* WORK TO BE COMPLETED: Retype, without any change, the first line of the records and every line after it through the one containing "to < length".

+ + + + +

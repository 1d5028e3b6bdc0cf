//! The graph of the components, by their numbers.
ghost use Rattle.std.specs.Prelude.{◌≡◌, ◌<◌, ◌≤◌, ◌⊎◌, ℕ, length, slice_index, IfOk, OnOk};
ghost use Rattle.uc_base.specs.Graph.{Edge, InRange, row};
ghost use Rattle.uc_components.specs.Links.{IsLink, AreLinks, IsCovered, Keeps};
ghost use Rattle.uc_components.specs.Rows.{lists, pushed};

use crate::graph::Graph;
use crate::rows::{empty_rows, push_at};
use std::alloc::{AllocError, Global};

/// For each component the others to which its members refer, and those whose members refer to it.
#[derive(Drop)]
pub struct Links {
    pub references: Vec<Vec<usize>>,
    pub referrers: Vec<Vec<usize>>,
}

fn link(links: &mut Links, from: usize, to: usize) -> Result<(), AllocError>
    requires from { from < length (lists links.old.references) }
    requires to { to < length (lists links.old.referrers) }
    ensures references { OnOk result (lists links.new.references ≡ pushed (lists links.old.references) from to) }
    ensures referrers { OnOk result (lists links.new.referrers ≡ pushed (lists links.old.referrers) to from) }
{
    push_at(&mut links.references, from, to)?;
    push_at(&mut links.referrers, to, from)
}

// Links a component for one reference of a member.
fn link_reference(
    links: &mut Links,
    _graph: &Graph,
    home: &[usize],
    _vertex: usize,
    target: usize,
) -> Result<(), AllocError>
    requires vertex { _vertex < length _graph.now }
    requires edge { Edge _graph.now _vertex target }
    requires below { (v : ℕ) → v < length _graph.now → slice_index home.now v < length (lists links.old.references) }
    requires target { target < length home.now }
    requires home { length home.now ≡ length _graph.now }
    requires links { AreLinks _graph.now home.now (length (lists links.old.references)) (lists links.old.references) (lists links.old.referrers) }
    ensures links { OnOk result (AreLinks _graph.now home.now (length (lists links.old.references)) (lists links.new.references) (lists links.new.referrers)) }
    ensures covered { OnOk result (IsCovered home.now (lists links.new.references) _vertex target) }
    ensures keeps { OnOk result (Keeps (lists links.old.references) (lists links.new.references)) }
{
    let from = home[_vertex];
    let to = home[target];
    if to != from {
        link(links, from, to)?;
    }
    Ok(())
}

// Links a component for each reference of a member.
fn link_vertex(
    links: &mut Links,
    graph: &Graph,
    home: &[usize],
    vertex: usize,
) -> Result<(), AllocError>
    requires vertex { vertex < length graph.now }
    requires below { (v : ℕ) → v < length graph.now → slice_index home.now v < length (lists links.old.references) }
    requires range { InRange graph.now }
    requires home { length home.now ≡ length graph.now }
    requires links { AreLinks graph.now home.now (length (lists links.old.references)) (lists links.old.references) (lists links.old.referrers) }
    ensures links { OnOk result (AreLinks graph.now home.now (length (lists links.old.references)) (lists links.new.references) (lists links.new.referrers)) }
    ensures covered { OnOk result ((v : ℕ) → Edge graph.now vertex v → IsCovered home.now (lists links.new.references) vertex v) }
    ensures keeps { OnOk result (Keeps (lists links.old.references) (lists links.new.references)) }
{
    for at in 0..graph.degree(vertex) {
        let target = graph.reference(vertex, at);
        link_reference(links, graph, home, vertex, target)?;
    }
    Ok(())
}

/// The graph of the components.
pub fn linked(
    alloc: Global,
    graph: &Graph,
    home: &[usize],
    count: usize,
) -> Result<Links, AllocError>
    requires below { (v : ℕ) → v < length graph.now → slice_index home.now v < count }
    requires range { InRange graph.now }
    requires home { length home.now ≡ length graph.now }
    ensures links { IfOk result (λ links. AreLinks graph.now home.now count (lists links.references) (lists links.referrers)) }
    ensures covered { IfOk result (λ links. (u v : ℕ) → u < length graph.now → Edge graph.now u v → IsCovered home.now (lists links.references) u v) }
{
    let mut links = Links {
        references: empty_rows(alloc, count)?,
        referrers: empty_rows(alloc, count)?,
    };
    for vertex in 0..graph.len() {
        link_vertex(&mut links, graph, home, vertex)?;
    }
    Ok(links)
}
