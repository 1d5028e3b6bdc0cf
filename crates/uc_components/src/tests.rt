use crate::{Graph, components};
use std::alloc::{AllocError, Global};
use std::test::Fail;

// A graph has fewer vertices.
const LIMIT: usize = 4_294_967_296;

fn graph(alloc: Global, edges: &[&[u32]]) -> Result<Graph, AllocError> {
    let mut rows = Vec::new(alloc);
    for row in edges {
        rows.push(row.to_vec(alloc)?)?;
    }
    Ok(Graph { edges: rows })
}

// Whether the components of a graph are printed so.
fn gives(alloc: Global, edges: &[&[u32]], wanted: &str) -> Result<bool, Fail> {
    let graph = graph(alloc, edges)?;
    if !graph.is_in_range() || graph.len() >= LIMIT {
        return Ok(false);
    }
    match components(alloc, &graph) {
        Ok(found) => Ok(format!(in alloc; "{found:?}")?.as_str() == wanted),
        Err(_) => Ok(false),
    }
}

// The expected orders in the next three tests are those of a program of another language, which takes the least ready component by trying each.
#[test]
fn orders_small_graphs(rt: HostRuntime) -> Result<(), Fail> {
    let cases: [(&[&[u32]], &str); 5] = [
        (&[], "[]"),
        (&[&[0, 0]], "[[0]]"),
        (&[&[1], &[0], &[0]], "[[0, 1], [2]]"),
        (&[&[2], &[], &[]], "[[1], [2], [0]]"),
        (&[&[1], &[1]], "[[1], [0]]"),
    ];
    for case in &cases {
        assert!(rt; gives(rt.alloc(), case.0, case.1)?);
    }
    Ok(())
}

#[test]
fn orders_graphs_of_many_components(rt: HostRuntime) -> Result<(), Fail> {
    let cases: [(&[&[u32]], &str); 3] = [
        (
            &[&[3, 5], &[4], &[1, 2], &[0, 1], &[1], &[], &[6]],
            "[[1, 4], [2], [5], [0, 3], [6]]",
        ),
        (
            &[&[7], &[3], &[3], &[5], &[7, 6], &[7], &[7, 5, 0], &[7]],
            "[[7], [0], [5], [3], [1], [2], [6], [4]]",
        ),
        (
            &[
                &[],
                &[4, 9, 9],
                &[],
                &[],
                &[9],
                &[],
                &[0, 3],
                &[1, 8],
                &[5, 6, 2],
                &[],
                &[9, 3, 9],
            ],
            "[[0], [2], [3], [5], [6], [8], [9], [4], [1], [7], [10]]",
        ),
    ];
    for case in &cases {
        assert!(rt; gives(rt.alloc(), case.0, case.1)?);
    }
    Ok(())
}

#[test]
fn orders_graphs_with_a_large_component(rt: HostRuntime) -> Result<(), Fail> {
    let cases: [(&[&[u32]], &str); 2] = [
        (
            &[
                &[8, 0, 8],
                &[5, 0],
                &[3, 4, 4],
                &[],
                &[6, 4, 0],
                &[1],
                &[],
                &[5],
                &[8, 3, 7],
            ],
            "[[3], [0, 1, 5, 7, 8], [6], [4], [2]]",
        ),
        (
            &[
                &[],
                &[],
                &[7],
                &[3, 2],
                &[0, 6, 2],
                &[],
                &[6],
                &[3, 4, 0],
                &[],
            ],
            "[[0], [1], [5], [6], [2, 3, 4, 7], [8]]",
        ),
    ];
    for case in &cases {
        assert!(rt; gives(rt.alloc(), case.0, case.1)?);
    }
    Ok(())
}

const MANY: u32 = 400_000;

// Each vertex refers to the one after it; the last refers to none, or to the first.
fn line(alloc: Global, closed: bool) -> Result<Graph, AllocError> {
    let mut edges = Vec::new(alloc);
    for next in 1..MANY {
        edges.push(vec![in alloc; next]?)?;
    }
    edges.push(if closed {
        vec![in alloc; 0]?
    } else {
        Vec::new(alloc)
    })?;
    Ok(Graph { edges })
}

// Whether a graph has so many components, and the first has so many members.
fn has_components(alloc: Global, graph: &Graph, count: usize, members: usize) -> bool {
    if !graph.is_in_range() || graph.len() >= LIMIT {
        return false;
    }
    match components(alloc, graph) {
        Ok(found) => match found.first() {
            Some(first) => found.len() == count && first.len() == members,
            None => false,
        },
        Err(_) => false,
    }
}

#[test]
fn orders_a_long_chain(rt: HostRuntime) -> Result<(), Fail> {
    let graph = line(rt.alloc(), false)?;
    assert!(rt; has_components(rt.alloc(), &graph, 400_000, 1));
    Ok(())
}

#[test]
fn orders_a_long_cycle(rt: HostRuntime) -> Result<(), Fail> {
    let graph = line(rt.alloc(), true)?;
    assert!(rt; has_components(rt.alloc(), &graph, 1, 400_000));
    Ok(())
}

+ + + + +

* OUTPUT FOR THIS TASK:
repository 1d5028e3b6bdc0cf
//! The graph of the components, by their numbers.
ghost use Rattle.std.specs.Prelude.{◌≡◌, ◌<◌, ◌≤◌, ◌⊎◌, ℕ, length, slice_index, IfOk, OnOk};
ghost use Rattle.uc_base.specs.Graph.{Edge, InRange, row};
ghost use Rattle.uc_components.specs.Links.{IsLink, AreLinks, IsCovered, Keeps};
ghost use Rattle.uc_components.specs.Rows.{lists, pushed};

use crate::graph::Graph;
use crate::rows::{empty_rows, push_at};
use std::alloc::{AllocError, Global};

/// For each component the others to which its members refer, and those whose members refer to it.
#[derive(Drop)]
pub struct Links {
    pub references: Vec<Vec<usize>>,
    pub referrers: Vec<Vec<usize>>,
}

fn link(links: &mut Links, from: usize, to: usize) -> Result<(), AllocError>
    requires from { from < length (lists links.old.references) }
    requires to { to < length (lists links.old.referrers) }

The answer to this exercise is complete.